What you should do
Where the data below has the string "RUNS", return the whole line.

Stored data
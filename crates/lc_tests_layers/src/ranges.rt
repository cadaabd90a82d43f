//! Ranges that were set, the bytes that stood there, and the parts that are applied.
ghost use Rattle.std.specs.Prelude.{IfOk};
ghost use Rattle.lc_range.specs.Undo.{LiesBelow};

use crate::expect::equal;
use lc_applied::AppliedParts;
use lc_range::{Range, RangeFault, RangeSet, Undo};
use lc_tx::Image;
use std::alloc::{AllocError, Global};
use std::test::Fail;

#[test]
fn sixty_four_ranges_are_taken(rt: HostRuntime) -> Result<(), Fail> {
    let mut set = RangeSet::new(rt.alloc());
    for i in 0..64 {
        set.add(1, 256, 2 * i, 1)?;
    }
    equal(&rt, &"the ranges", &set.ranges().len(), &64);
    let fault = set.add(1, 256, 200, 1);
    equal(&rt, &"at 200", &fault, &Err(RangeFault::TooManyRanges));
    set.add(1, 256, 1, 1)?;
    equal(&rt, &"the ranges then", &set.ranges().len(), &63);
    assert!(rt; set.covers(1, 0, 3) && !set.covers(1, 0, 4));
    Ok(())
}

// Five bytes from 2 on of these eight.
fn five_kept(alloc: Global) -> Result<Undo, AllocError>
    ensures { IfOk result (λ undo. LiesBelow undo 1 8) }
{
    let mut undo = Undo::new(alloc);
    undo.keep_old(&RangeSet::new(alloc), 1, 2, 5, &[1, 2, 3, 4, 5, 6, 7, 8])?;
    Ok(undo)
}

#[test]
fn old_bytes_come_back(rt: HostRuntime) -> Result<(), Fail> {
    let undo = five_kept(rt.alloc())?;
    equal(
        &rt,
        &"copies and bytes",
        &(undo.copies(), undo.len()),
        &(1, 5),
    );
    let mut later = [9; 8];
    undo.restore(1, &mut later);
    equal(&rt, &"the bytes", &later, &[9, 9, 3, 4, 5, 6, 7, 9]);
    Ok(())
}

static RUNS: [Range; 3] = [
    Range {
        segment: 1,
        offset: 1,
        len: 3,
    },
    Range {
        segment: 2,
        offset: 0,
        len: 2,
    },
    Range {
        segment: 1,
        offset: 6,
        len: 2,
    },
];

#[test]
fn parts_are_laid_in_their_order(rt: HostRuntime) -> Result<(), Fail> {
    let mut image = Image::new(Vec::from_slice(rt.alloc(), b"........")?);
    let mut parts = AppliedParts::new(rt.alloc());
    parts.reserve_runs(1, &RUNS)?;
    parts.push_runs(1, 1, &RUNS, b"abcdefgh");
    parts.reserve_runs(1, &RUNS[..1])?;
    parts.push_runs(1, 2, &RUNS[..1], b"ABCDEFGH");
    parts.lay_on(&mut image);
    assert!(rt; image.bytes() == b".BCD..gh".as_slice());
    Ok(())
}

Task answer
static RUNS: [Range; 3] = [
    parts.reserve_runs(1, &RUNS)?;
    parts.push_runs(1, 1, &RUNS, b"abcdefgh");
    parts.reserve_runs(1, &RUNS[..1])?;
    parts.push_runs(1, 2, &RUNS[..1], b"ABCDEFGH");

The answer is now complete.